Your goal: Set every record down again, identical to the original.

Data:
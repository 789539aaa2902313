//! Why a relay has no address.

use crate::tasks::Work;
use turn_session_book::causes::Why;
use turn_session_book::tags::Tag;

/// Why a try failed, a relay went down, or is over.
#[derive(Clone, Copy, Debug, PartialEq, Eq)]
pub enum Cause {
    /// The session with the server ended.
    Life(Why),
    /// There were no credentials: the caller's number of its error.
    NoCredentials(Tag),
    /// The server's name has no address: the caller's number of its error.
    NotResolved(Tag),
    /// There was no connection to any address of the server.
    NotConnected,
    /// The try lasted for this many nanoseconds, and there was no relayed address.
    TooSlow(u64),
    /// The caller did not answer this task in time.
    NotDone(Work),
    /// What the caller passed in is of no use, as user name or password with characters that are not permitted: the caller's number of
    /// its error.
    OwnError(Tag),
}
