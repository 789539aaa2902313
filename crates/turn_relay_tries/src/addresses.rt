//! The addresses of a server, in the order in which they are attempted (RFC 8305, section 4).

ghost use Rattle.std.specs.Prelude.{◌≡◌, [], OnErr, OnOk};
ghost use Rattle.std.specs.List.{list_any};
ghost use Rattle.turn_session_book.specs.Keys.{same_peer};
ghost use Rattle.turn_relay_tries.specs.Addresses.{added, addresses_left, next_address, no_addresses, taken_v4, taken_v6, turn_after, with_address};

use std::alloc::{AllocError, Global};
use std::collections::VecDeque;
use std::marker::Model;
use std::net::SocketAddr;
use turn_types::AddressFamily;

/// The addresses of a server that were not attempted yet: each once, IPv6 and IPv4 by turns, and the family of the first one first.
#[derive(Debug, Drop)]
pub struct Addresses {
    v4: VecDeque<SocketAddr>,
    v6: VecDeque<SocketAddr>,
    /// The family of the next one, if there is one of it. `None` before the first address was added.
    turn: Option<AddressFamily>,
}

impl Model for Addresses {
    ghost use Rattle.turn_relay_tries.specs.AddressesState.{AddressesState};

    ghost Value = { AddressesState };

    ghost view = { λ a. record { v4 = a.v4.items; v6 = a.v6.items; turn = a.turn } };
}

impl Addresses {
    /// No addresses.
    pub fn new(alloc: Global) -> Addresses
        ensures { result ≡ no_addresses }
    {
        Addresses {
            v4: VecDeque::new(alloc),
            v6: VecDeque::new(alloc),
            turn: None,
        }
    }

    /// The server has this address, too. One that is in the list already is not added again.
    ///
    /// # Errors
    ///
    /// If memory allocation fails. Nothing changes then.
    pub fn add(&mut self, address: SocketAddr) -> Result<(), AllocError>
        ensures ok { OnOk result (self.new ≡ added address self.old) }
        ensures err { OnErr result (self.new ≡ self.old) }
    {
        match address {
            SocketAddr::V4(_) => {
                add_once(&mut self.v4, address)?;
                self.turn = turn_after(self.turn, AddressFamily::IPV4);
            }
            SocketAddr::V6(_) => {
                add_once(&mut self.v6, address)?;
                self.turn = turn_after(self.turn, AddressFamily::IPV6);
            }
        }
        Ok(())
    }

    /// How many there are.
    pub fn len(&self) -> usize
        ensures { result ≡ addresses_left self.now }
    {
        self.v4.len().saturating_add(self.v6.len())
    }

    /// Removes all of them.
    pub fn clear(&mut self)
        ensures { self.new ≡ no_addresses }
    {
        self.v4.clear();
        self.v6.clear();
        self.turn = None;
    }

    /// The address that is attempted next: of the other family than the one before it, if there is one left.
    pub fn take_next(&mut self) -> Option<SocketAddr>
        ensures { (result, self.new) ≡ next_address self.old }
    {
        match self.turn {
            Some(AddressFamily::IPV4) => match self.take_v4() {
                Some(address) => Some(address),
                None => self.take_v6(),
            },
            Some(AddressFamily::IPV6) => match self.take_v6() {
                Some(address) => Some(address),
                None => self.take_v4(),
            },
            None => None,
        }
    }

    /// The first IPv4 address. An IPv6 address is to follow.
    fn take_v4(&mut self) -> Option<SocketAddr>
        ensures { (result, self.new) ≡ taken_v4 self.old }
    {
        self.turn = Some(AddressFamily::IPV6);
        self.v4.pop_front()
    }

    /// The first IPv6 address. An IPv4 address is to follow.
    fn take_v6(&mut self) -> Option<SocketAddr>
        ensures { (result, self.new) ≡ taken_v6 self.old }
    {
        self.turn = Some(AddressFamily::IPV4);
        self.v6.pop_front()
    }
}

/// Whose turn it is after an address of this family was added: the first one decides.
fn turn_after(turn: Option<AddressFamily>, family: AddressFamily) -> Option<AddressFamily>
    ensures { result ≡ turn_after family turn }
{
    match turn {
        Some(first) => Some(first),
        None => Some(family),
    }
}

/// Adds this address behind the others, unless it is one of them.
///
/// # Errors
///
/// If memory allocation fails. Nothing changes then.
fn add_once(queue: &mut VecDeque<SocketAddr>, address: SocketAddr) -> Result<(), AllocError>
    ensures ok { OnOk result (queue.new.items ≡ with_address address queue.old.items) }
    ensures err { OnErr result (queue.new.items ≡ queue.old.items) }
{
    if has_address(queue, address) {
        return Ok(());
    }
    queue.reserve(1)?;
    queue.push_back_reserved(address);
    Ok(())
}

/// Whether this address is one of these.
fn has_address(queue: &VecDeque<SocketAddr>, address: SocketAddr) -> bool
    ensures { result ≡ list_any (λ a. same_peer a address) queue.now.items }
{
    queue.iter().any(|other| *other == address)
}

Your solution:
repository 789539aaa2902313
//! Why a relay has no address.

use crate::tasks::Work;
use turn_session_book::causes::Why;
use turn_session_book::tags::Tag;

/// Why a try failed, a relay went down, or is over.
#[derive(Clone, Copy, Debug, PartialEq, Eq)]
pub enum Cause {
    /// The session with the server ended.
    Life(Why),
    /// There were no credentials: the caller's number of its error.
    NoCredentials(Tag),
    /// The server's name has no address: the caller's number of its error.
    NotResolved(Tag),
    /// There was no connection to any address of the server.
    NotConnected,
    /// The try lasted for this many nanoseconds, and there was no relayed address.
    TooSlow(u64),
    /// The caller did not answer this task in time.
    NotDone(Work),
    /// What the caller passed in is of no use, as user name or password with characters that are not permitted: the caller's number of
    /// its error.
    OwnError(Tag),
}
repository 789539aaa2902313
filename crates/turn_relay_tries/src/addresses.rt
//! The addresses of a server, in the order in which they are attempted (RFC 8305, section 4).

ghost use Rattle.std.specs.Prelude.{◌≡◌, [], OnErr, OnOk};
ghost use Rattle.std.specs.List.{list_any};
ghost use Rattle.turn_session_book.specs.Keys.{same_peer};
ghost use Rattle.turn_relay_tries.specs.Addresses.{added, addresses_left, next_address, no_addresses, taken_v4, taken_v6, turn_after, with_address};

use std::alloc::{AllocError, Global};
use std::collections::VecDeque;
use std::marker::Model;
use std::net::SocketAddr;
use turn_types::AddressFamily;

/// The addresses of a server that were not attempted yet: each once, IPv6 and IPv4 by turns, and the family of the first one first.
#[derive(Debug, Drop)]
pub struct Addresses {
    v4: VecDeque<SocketAddr>,
    v6: VecDeque<SocketAddr>,
    /// The family of the next one, if there is one of it. `None` before the first address was added.
    turn: Option<AddressFamily>,
}

impl Model for Addresses {
    ghost use Rattle.turn_relay_tries.specs.AddressesState.{AddressesState};

    ghost Value = { AddressesState };

    ghost view = { λ a. record { v4 = a.v4.items; v6 = a.v6.items; turn = a.turn } };
}

impl Addresses {
    /// No addresses.
    pub fn new(alloc: Global) -> Addresses
        ensures { result ≡ no_addresses }
    {
        Addresses {
            v4: VecDeque::new(alloc),
            v6: VecDeque::new(alloc),
            turn: None,
        }
    }

    /// The server has this address, too. One that is in the list already is not added again.
    ///
    /// # Errors
    ///
    /// If memory allocation fails. Nothing changes then.
    pub fn add(&mut self, address: SocketAddr) -> Result<(), AllocError>
        ensures ok { OnOk result (self.new ≡ added address self.old) }
        ensures err { OnErr result (self.new ≡ self.old) }
    {
        match address {
            SocketAddr::V4(_) => {
                add_once(&mut self.v4, address)?;
                self.turn = turn_after(self.turn, AddressFamily::IPV4);
            }
            SocketAddr::V6(_) => {
                add_once(&mut self.v6, address)?;
                self.turn = turn_after(self.turn, AddressFamily::IPV6);
            }
        }
        Ok(())
    }

    /// How many there are.
    pub fn len(&self) -> usize
        ensures { result ≡ addresses_left self.now }
    {
        self.v4.len().saturating_add(self.v6.len())
    }

    /// Removes all of them.
    pub fn clear(&mut self)
        ensures { self.new ≡ no_addresses }
    {
        self.v4.clear();
        self.v6.clear();
        self.turn = None;
    }

    /// The address that is attempted next: of the other family than the one before it, if there is one left.
    pub fn take_next(&mut self) -> Option<SocketAddr>
        ensures { (result, self.new) ≡ next_address self.old }
    {
        match self.turn {
            Some(AddressFamily::IPV4) => match self.take_v4() {
                Some(address) => Some(address),
                None => self.take_v6(),
            },
            Some(AddressFamily::IPV6) => match self.take_v6() {
                Some(address) => Some(address),
                None => self.take_v4(),
            },
            None => None,
        }
    }

    /// The first IPv4 address. An IPv6 address is to follow.
    fn take_v4(&mut self) -> Option<SocketAddr>
        ensures { (result, self.new) ≡ taken_v4 self.old }
    {
        self.turn = Some(AddressFamily::IPV6);
        self.v4.pop_front()
    }

    /// The first IPv6 address. An IPv4 address is to follow.
    fn take_v6(&mut self) -> Option<SocketAddr>
        ensures { (result, self.new) ≡ taken_v6 self.old }
    {
        self.turn = Some(AddressFamily::IPV4);
        self.v6.pop_front()
    }
}

/// Whose turn it is after an address of this family was added: the first one decides.
fn turn_after(turn: Option<AddressFamily>, family: AddressFamily) -> Option<AddressFamily>
    ensures { result ≡ turn_after family turn }
{
    match turn {
        Some(first) => Some(first),
        None => Some(family),
    }
}

/// Adds this address behind the others, unless it is one of them.
///
/// # Errors
///
/// If memory allocation fails. Nothing changes then.
fn add_once(queue: &mut VecDeque<SocketAddr>, address: SocketAddr) -> Result<(), AllocError>
    ensures ok { OnOk result (queue.new.items ≡ with_address address queue.old.items) }
    ensures err { OnErr result (queue.new.items ≡ queue.old.items) }
{
    if has_address(queue, address) {
        return Ok(());
    }
    queue.reserve(1)?;
    queue.push_back_reserved(address);
    Ok(())
}

/// Whether this address is one of these.
fn has_address(queue: &VecDeque<SocketAddr>, address: SocketAddr) -> bool
    ensures { result ≡ list_any (λ a. same_peer a address) queue.now.items }
{
    queue.iter().any(|other| *other == address)
}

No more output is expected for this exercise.